■ **What is being asked**:
In this exercise, return each entry exactly as given.

■ **Task input**:
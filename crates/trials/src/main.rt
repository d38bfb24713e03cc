//! Trials of single crates, and of the service in threads.
//!
//!     trials SUBJECT                    makes the call that each line of the standard input names, and writes what it answered
//!     trials                            likewise, from single calls on; and then the rows of what runs in threads
//!     trials WORDS.. [-- FAILING..]     calls the service with other words, those that `vss` takes: `src/in_threads/mod.rt` has more
//!
//! It is a program for the checks, and promises nothing of its own. Lines of each subject:
//!
//!     # ..                       is passed over, as an empty line is
//!     subject SUBJECT            another subject: `calls`, `cow`, `mirror`, `recover` or `shards`
//!     fails DEVICE CALL NUMBERS ..    calls fail of a device that is made next: `read`, `write` or `flush`, with the numbers of `1,4-7`
//!
//! Whatever a line makes, as `group`, is of zeros. Of a block that is read the byte in each place is shown, or None where they differ; with
//! `recover` and `shards` a number too that it has as eight bytes, the lowest first, again and again.
//!
//! calls: each call that may be out of memory, once with memory at hand; names and digests against outside vectors; devices and streams that fail
//! in mid-stream. `src/calls.rt` has the words. The lines of `stdout` were worked out by hand, or by a script that knows nothing of the program.
//!
//! cow: copy-on-write volumes over the devices `volume0`, `volume1` .. and `area`.
//!
//!     group SLOTS BLOCKS ..     volumes with these numbers of blocks
//!     cut V SET · write V BLOCK BYTE · read V BLOCK · image V SET BLOCK · lend V BLOCK · lend-image V SET BLOCK · drop V SET · revert V SET
//!     flush V · up_to V BLOCK · used_by V SET · used V · images V · used_all · slots · sync
//!     again · again BYTES       takes the group apart, shows the bytes of its catalog, two digits each, in which the volumes are C, D and so on,
//!                               and takes it up again with the lists of this catalog, or of the one of the bytes that are given
//!
//! mirror: a volume with mirrors over the devices `primary`, `mirror0` .. `mirror7`.
//!
//!     volume BLOCKS MIRRORS
//!     write BLOCK BYTE · read BLOCK · cut SET · image SET BLOCK · drop SET
//!     step MIRROR · stale MIRROR · ready · blocks · mirrors · images · flush · flush MIRROR · sync
//!     again                     takes the volume apart, and its primary up again with as many new mirrors
//!     fill BYTE                 writes every block; shows how many writes were Ok
//!     steps MIRROR COUNT        makes so many steps; shows how many copied a block
//!
//! recover: a volume whose newest image writers mend, over the devices `volume`, `area` and `overlay`. A call whose condition is not met is
//! answered `unmet`.
//!
//!     volume BLOCKS SLOTS OVERLAY
//!     write BLOCK PAYLOAD · recover SET WRITER BLOCK PAYLOAD     PAYLOAD is `fill 7` or `stamp 7`
//!     read BLOCK · image SET BLOCK
//!     pre_final SET WRITER FIRST COUNT ..                        with a claim for each three numbers
//!     cut SET · drop SET · revert SET · post_final · window · images · used · overlay_used · flush · sync
//!     again SET ..              takes the volume apart, and up again with these final sets
//!
//! shards: volumes behind locks of their own, each over the devices `volume` and `area`.
//!
//!     volume BLOCKS SLOTS · shards   one volume more, and shards of those since the last such line, all of the size of the last one
//!     draft                      a draft of no parts; the calls are for the last one
//!     fill V BLOCK BYTE [TIMES] · stamp V BLOCK NUMBER [TIMES] · read V BLOCK · image V IMAGE BLOCK · is_held V · number V · cuts · cut NUMBER
//!     collect V · give_back V · has V · record · recorded
//!     gather                     takes the shards out of their locks, and compares them with the journal
//!     threads WRITES CUTS        a writer of each shard, and one who makes cuts of all, in threads; shows each writer's entries
#![tactic(auto)]

mod agendas;
mod blocks;
mod call;
mod calls;
mod content;
mod coordinators;
mod devices;
mod documents;
mod generating;
mod grouped;
mod groups;
mod in_threads;
mod lists;
mod machines;
mod making;
mod mirrored;
mod names;
mod page;
mod plan;
mod recovering;
mod selections;
mod sharded;
mod small_area;
mod stopped;
mod streams;
mod trial;
mod writing;

use in_threads::{call_service, make_rows};
use page::Page;
use std::env;
use std::process::ExitCode;
use std::sync::Wait;
use std::thread::Threads;
use stopped::{Done, Stopped};
use trial::{Subject, Trial};

/// Takes all lines of a text in order.
fn take_lines<R: Threads + Wait + Sync>(
    handle: &R,
    page: &mut Page,
    trial: &mut Trial,
    text: &str,
) -> Done {
    for line in text.lines() {
        trial.take(handle, page, line)?;
    }
    Ok(())
}

/// Takes all lines of the standard input.
fn take_input<R: Threads + Wait + Sync>(
    rt: &HostRuntime,
    handle: &R,
    page: &mut Page,
    subject: Subject,
) -> Done {
    let input = Page::input(rt)?;
    let Ok(text) = str::from_utf8(input.bytes()) else {
        return Err(Stopped);
    };
    let mut trial = Trial::new(rt.alloc(), subject);
    take_lines(handle, page, &mut trial, text)
}

/// Takes all lines, and writes what they made.
fn make_lines<R: Threads + Wait + Sync>(rt: &HostRuntime, handle: &R, subject: Subject) -> Done {
    let mut page = Page::new(rt.alloc());
    let made = take_input(rt, handle, &mut page, subject);
    page.end(rt, made)
}

/// Makes what the words ask for.
fn make<R: Threads + Wait + Sync>(rt: &HostRuntime, handle: &R) -> Result<ExitCode, Stopped> {
    let Some(word) = env::args(rt)?.nth(1) else {
        make_lines(rt, handle, Subject::Calls)?;
        return Ok(make_rows(rt, handle));
    };
    let Some(subject) = Subject::of(word.as_str()) else {
        return Ok(call_service(rt, handle));
    };
    make_lines(rt, handle, subject)?;
    Ok(ExitCode::SUCCESS)
}

fn main(rt: HostRuntime) -> ExitCode {
    match make(&rt, &rt) {
        Ok(status) => status,
        Err(Stopped) => ExitCode::from(70),
    }
}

■ **Response for this exercise**:
filename crates/trials/src/main.rt
repository d38bfb24713e03cc
//! Trials of single crates, and of the service in threads.
//!
//!     trials SUBJECT                    makes the call that each line of the standard input names, and writes what it answered
//!     trials                            likewise, from single calls on; and then the rows of what runs in threads
//!     trials WORDS.. [-- FAILING..]     calls the service with other words, those that `vss` takes: `src/in_threads/mod.rt` has more
//!
//! It is a program for the checks, and promises nothing of its own. Lines of each subject:
//!
//!     # ..                       is passed over, as an empty line is
//!     subject SUBJECT            another subject: `calls`, `cow`, `mirror`, `recover` or `shards`
//!     fails DEVICE CALL NUMBERS ..    calls fail of a device that is made next: `read`, `write` or `flush`, with the numbers of `1,4-7`
//!
//! Whatever a line makes, as `group`, is of zeros. Of a block that is read the byte in each place is shown, or None where they differ; with
//! `recover` and `shards` a number too that it has as eight bytes, the lowest first, again and again.
//!
//! calls: each call that may be out of memory, once with memory at hand; names and digests against outside vectors; devices and streams that fail
//! in mid-stream. `src/calls.rt` has the words. The lines of `stdout` were worked out by hand, or by a script that knows nothing of the program.
//!
//! cow: copy-on-write volumes over the devices `volume0`, `volume1` .. and `area`.
//!
//!     group SLOTS BLOCKS ..     volumes with these numbers of blocks
//!     cut V SET · write V BLOCK BYTE · read V BLOCK · image V SET BLOCK · lend V BLOCK · lend-image V SET BLOCK · drop V SET · revert V SET
//!     flush V · up_to V BLOCK · used_by V SET · used V · images V · used_all · slots · sync
//!     again · again BYTES       takes the group apart, shows the bytes of its catalog, two digits each, in which the volumes are C, D and so on,
//!                               and takes it up again with the lists of this catalog, or of the one of the bytes that are given
//!
//! mirror: a volume with mirrors over the devices `primary`, `mirror0` .. `mirror7`.
//!
//!     volume BLOCKS MIRRORS
//!     write BLOCK BYTE · read BLOCK · cut SET · image SET BLOCK · drop SET
//!     step MIRROR · stale MIRROR · ready · blocks · mirrors · images · flush · flush MIRROR · sync
//!     again                     takes the volume apart, and its primary up again with as many new mirrors
//!     fill BYTE                 writes every block; shows how many writes were Ok
//!     steps MIRROR COUNT        makes so many steps; shows how many copied a block
//!
//! recover: a volume whose newest image writers mend, over the devices `volume`, `area` and `overlay`. A call whose condition is not met is
//! answered `unmet`.
//!
//!     volume BLOCKS SLOTS OVERLAY
//!     write BLOCK PAYLOAD · recover SET WRITER BLOCK PAYLOAD     PAYLOAD is `fill 7` or `stamp 7`
//!     read BLOCK · image SET BLOCK
//!     pre_final SET WRITER FIRST COUNT ..                        with a claim for each three numbers
//!     cut SET · drop SET · revert SET · post_final · window · images · used · overlay_used · flush · sync
//!     again SET ..              takes the volume apart, and up again with these final sets
//!
//! shards: volumes behind locks of their own, each over the devices `volume` and `area`.
//!
//!     volume BLOCKS SLOTS · shards   one volume more, and shards of those since the last such line, all of the size of the last one
//!     draft                      a draft of no parts; the calls are for the last one
//!     fill V BLOCK BYTE [TIMES] · stamp V BLOCK NUMBER [TIMES] · read V BLOCK · image V IMAGE BLOCK · is_held V · number V · cuts · cut NUMBER
//!     collect V · give_back V · has V · record · recorded
//!     gather                     takes the shards out of their locks, and compares them with the journal
//!     threads WRITES CUTS        a writer of each shard, and one who makes cuts of all, in threads; shows each writer's entries
#![tactic(auto)]

mod agendas;
mod blocks;
mod call;
mod calls;
mod content;
mod coordinators;
mod devices;
mod documents;
mod generating;
mod grouped;
mod groups;
mod in_threads;
mod lists;
mod machines;
mod making;
mod mirrored;
mod names;
mod page;
mod plan;
mod recovering;
mod selections;
mod sharded;
mod small_area;
mod stopped;
mod streams;
mod trial;
mod writing;

use in_threads::{call_service, make_rows};
use page::Page;
use std::env;
use std::process::ExitCode;
use std::sync::Wait;
use std::thread::Threads;
use stopped::{Done, Stopped};
use trial::{Subject, Trial};

/// Takes all lines of a text in order.
fn take_lines<R: Threads + Wait + Sync>(
    handle: &R,
    page: &mut Page,
    trial: &mut Trial,
    text: &str,
) -> Done {
    for line in text.lines() {
        trial.take(handle, page, line)?;
    }
    Ok(())
}

/// Takes all lines of the standard input.
fn take_input<R: Threads + Wait + Sync>(
    rt: &HostRuntime,
    handle: &R,
    page: &mut Page,
    subject: Subject,
) -> Done {
    let input = Page::input(rt)?;
    let Ok(text) = str::from_utf8(input.bytes()) else {
        return Err(Stopped);
    };
    let mut trial = Trial::new(rt.alloc(), subject);
    take_lines(handle, page, &mut trial, text)
}

/// Takes all lines, and writes what they made.
fn make_lines<R: Threads + Wait + Sync>(rt: &HostRuntime, handle: &R, subject: Subject) -> Done {
    let mut page = Page::new(rt.alloc());
    let made = take_input(rt, handle, &mut page, subject);
    page.end(rt, made)
}

/// Makes what the words ask for.
fn make<R: Threads + Wait + Sync>(rt: &HostRuntime, handle: &R) -> Result<ExitCode, Stopped> {
    let Some(word) = env::args(rt)?.nth(1) else {
        make_lines(rt, handle, Subject::Calls)?;
        return Ok(make_rows(rt, handle));
    };
    let Some(subject) = Subject::of(word.as_str()) else {
        return Ok(call_service(rt, handle));
    };
    make_lines(rt, handle, subject)?;
    Ok(ExitCode::SUCCESS)
}

fn main(rt: HostRuntime) -> ExitCode {
    match make(&rt, &rt) {
        Ok(status) => status,
        Err(Stopped) => ExitCode::from(70),
    }
}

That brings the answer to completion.